Can you post the jwtHelper class? I want to make certain that it handles falsy values correctly.

If by this, you mean something like this:

constructor(storage: Storage) {
  storage.ready().then(() => storage.get('token_id'))
    .then(token => this.token = token);
  console.log(this.token);
}

That’s the nature of the beast. The only place you can put the log and have it have any meaning is inside the then clause right after you have assigned to this.token. Not outside.

I see. Thats how I was logging it so I guess thats why.

public isTokenExpired(token: string, offsetSeconds?: number): boolean {
    let date = this.getTokenExpirationDate(token);
    offsetSeconds = offsetSeconds || 0;

    if (date == null) {
      return false;
    }

    // Token expired?
    return !(date.valueOf() > (new Date().valueOf() + (offsetSeconds * 1000)));
  }
  }

Here is the full Angular-JWT package source code

I don’t know how more clearly I could have stated this:

It doesn’t, which is causing your problem. You need to do something like this:

isTokenValid(): boolean {
  return this.token && !this.jwtHelper.isTokenExpired(this.token);
}

…or any other solution you find more readable, but it has to consider falsy tokens invalid.

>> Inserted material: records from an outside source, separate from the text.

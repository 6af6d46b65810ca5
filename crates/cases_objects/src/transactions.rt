//! Transactions, and the items by which they install hooks.
use cases::{CaseFault, Words};
use hk_base::NoMemory;
use hk_reading::Reading;
use std::alloc::Global;
use xo_list::read_object;
use xo_object::{HookItem, Transaction, TransactionFault, read_transaction};

/// What bytes read as: as they are sent, or emitted, or their items, or of themselves.
pub fn read(call: &str, words: &mut Words<'_>) -> Result<String, CaseFault> {
    let bytes = words.bytes()?;
    match call {
        "reading" => reading(words.alloc, &bytes),
        _ => match transaction(words.alloc, &bytes, call == "emitted")? {
            Err(fault) => Ok(format!(in words.alloc; "{fault:?}")?),
            Ok(transaction) if call == "items" => items(words.alloc, &transaction),
            Ok(transaction) => Ok(told(words.alloc, &transaction)?),
        },
    }
}

fn reading(alloc: Global, bytes: &[u8]) -> Result<String, CaseFault> {
    match hk_reading::read(alloc, bytes)? {
        Reading::TooLong => Ok(String::from_str(alloc, "TooLong")?),
        Reading::Unparsed => Ok(String::from_str(alloc, "Unparsed")?),
        Reading::Malformed => Ok(String::from_str(alloc, "Malformed")?),
        Reading::Transaction(transaction) => Ok(told(alloc, &transaction)?),
    }
}

// A copy of what an object's bytes are.
fn transaction(
    alloc: Global,
    bytes: &[u8],
    emitted: bool,
) -> Result<Result<Transaction, TransactionFault>, CaseFault> {
    match read_object(alloc, bytes) {
        Err(_) => Err(CaseFault::BadCase),
        Ok(object) => match read_transaction(alloc, &object, emitted) {
            Err(fault) => Ok(Err(fault)),
            Ok(transaction) => Ok(Ok(transaction.copy()?)),
        },
    }
}

// A transaction in short: accounts by their first bytes, lists by their lengths.
fn told(alloc: Global, t: &Transaction) -> Result<String, NoMemory> {
    let from = t.account.0[0];
    let to = t.destination.map(|to| to.0[0]);
    let parameters = t.parameters.as_slice().len();
    let hooks = t.hooks.as_slice().len();
    let numbers = format!(in alloc;
        "type {} sequence {} fee {} first {:?} last {:?}",
        t.kind, t.sequence, t.fee, t.first, t.last
    )?;
    format!(in alloc;
        "{numbers} from {from} to {to:?} amount {:?} parameters {parameters} hooks {hooks} generation {} burden {} bytes {}",
        t.amount,
        t.generation,
        t.burden,
        t.blob.as_slice().len()
    )
}

fn items(alloc: Global, transaction: &Transaction) -> Result<String, CaseFault> {
    let mut text = String::new(alloc);
    for item in transaction.hooks.as_slice() {
        text = format!(in alloc; "{text}{};", item_told(alloc, item)?)?;
    }
    Ok(text)
}

// An item's form, how many parameters and grants it has, and whether it may replace.
fn item_told(alloc: Global, item: &HookItem) -> Result<String, NoMemory> {
    match item {
        HookItem::Noop => String::from_str(alloc, "Noop"),
        HookItem::DeleteNamespace(_) => String::from_str(alloc, "DeleteNamespace"),
        HookItem::Delete => String::from_str(alloc, "Delete"),
        HookItem::Create {
            version,
            parameters,
            grants,
            replace,
            ..
        } => format!(in alloc;
            "Create {version} {} {} {replace}",
            parameters.len(),
            grants.len()
        ),
        HookItem::Install {
            parameters,
            grants,
            replace,
            ..
        } => format!(in alloc; "Install {} {} {replace}", parameters.len(), grants.len()),
        HookItem::Update {
            parameters,
            grants,
            ..
        } => {
            let parameters = parameters.as_ref().map(|given| given.len());
            let grants = grants.as_ref().map(|given| given.len());
            format!(in alloc; "Update {parameters:?} {grants:?}")
        }
    }
}
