//! Headers, lengths, amounts and names of fields.
use crate::field;
use cases::{CaseFault, Words, hex};
use xo_fields::{
    AmountRead, FieldId, HeaderRead, LengthRead, field_by_name, read_amount, read_header,
    read_length, write_amount, write_header, write_length,
};

/// What stands at the front of bytes.
pub fn read(call: &str, words: &mut Words<'_>) -> Result<String, CaseFault> {
    let bytes = words.bytes()?;
    match call {
        "header" => Ok(format!(in words.alloc; "{:?}", read_header(&bytes, 0))?),
        "length" => Ok(format!(in words.alloc; "{:?}", read_length(&bytes, 0))?),
        _ => Ok(format!(in words.alloc; "{:?}", read_amount(&bytes, 0))?),
    }
}

/// What stands at the front of bytes, written again.
pub fn read_and_written(call: &str, words: &mut Words<'_>) -> Result<String, CaseFault> {
    let bytes = words.bytes()?;
    match call {
        "header_again" => header_again(words, &bytes),
        "length_again" => length_again(words, &bytes),
        _ => amount_again(words, &bytes),
    }
}

fn header_again(words: &Words<'_>, bytes: &[u8]) -> Result<String, CaseFault> {
    match read_header(bytes, 0) {
        HeaderRead::Header { field, .. } => {
            let (written, size) = write_header(field);
            hex(words.alloc, &written[..size])
        }
        _ => Err(CaseFault::BadCase),
    }
}

fn length_again(words: &Words<'_>, bytes: &[u8]) -> Result<String, CaseFault> {
    match read_length(bytes, 0) {
        LengthRead::Length { length, .. } => {
            let (written, size) = write_length(length);
            hex(words.alloc, &written[..size])
        }
        _ => Err(CaseFault::BadCase),
    }
}

fn amount_again(words: &Words<'_>, bytes: &[u8]) -> Result<String, CaseFault> {
    match read_amount(bytes, 0) {
        AmountRead::Amount { amount, .. } => {
            let (written, size) = write_amount(&amount);
            hex(words.alloc, &written[..size])
        }
        _ => Err(CaseFault::BadCase),
    }
}

/// Numbers and names of fields.
pub fn named(call: &str, words: &mut Words<'_>) -> Result<String, CaseFault> {
    match call {
        "number" => Ok(format!(in words.alloc; "{}", field(words)?.number())?),
        "from_number" => {
            Ok(format!(in words.alloc; "{:?}", FieldId::from_number(words.value()?))?)
        }
        _ => Ok(format!(in words.alloc; "{:?}", field_by_name(words.word()?.as_bytes()))?),
    }
}
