//! Cases of fields, objects, transactions and edits in the ledger's binary format: `CALL OPERANDS = ANSWER`.
#![tactic(auto)]

mod edits;
mod fields;
mod lists;
mod transactions;

use cases::{CaseFault, Family, Words};
use std::io;
use xo_fields::FieldId;

struct Objects;

impl Family for Objects {
    fn answer(&self, words: &mut Words<'_>) -> Result<String, CaseFault> {
        let call = words.word()?;
        match call {
            "header" | "length" | "amount" => fields::read(call, words),
            "header_again" | "length_again" | "amount_again" => fields::read_and_written(
                call, words,
            ),
            "number" | "from_number" | "named" => fields::named(call, words),
            "check" | "object" | "elements" | "build" => lists::read(call, words),
            "find" | "locate" => lists::found(call, words),
            "element" | "skip" | "count" => lists::passed(call, words),
            "sent" | "emitted" | "items" | "reading" => transactions::read(call, words),
            "emplace" | "erase" => edits::edited(call, words),
            "subfield" | "subarray" | "validate" => edits::part(call, words),
            _ => Err(CaseFault::BadCase),
        }
    }
}

// The field of a word, as 2/4.
fn field(words: &mut Words<'_>) -> Result<FieldId, CaseFault> {
    let (kind, code) = words.field()?;
    Ok(FieldId { kind, code })
}

fn main(rt: HostRuntime) -> io::Result<()> {
    cases::run(&rt, &Objects)
}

its still not working because this.token is storing the token from the last session even when I reload. I guess I have to clear the storage but still if a new token is set on login shouldnt it clear the old one and the constructor in my token provider get the new one from storage?

I really wish you would bother to read the things I write and explain where my assumptions aren’t valid. Again,

Now you are telling me that “a new token is set on login”, so the tokens aren’t just coming from the authHttp.get() call inside get(). If new tokens are coming in from somewhere else, you need to update both storage and the stored token property of the TokenProvider.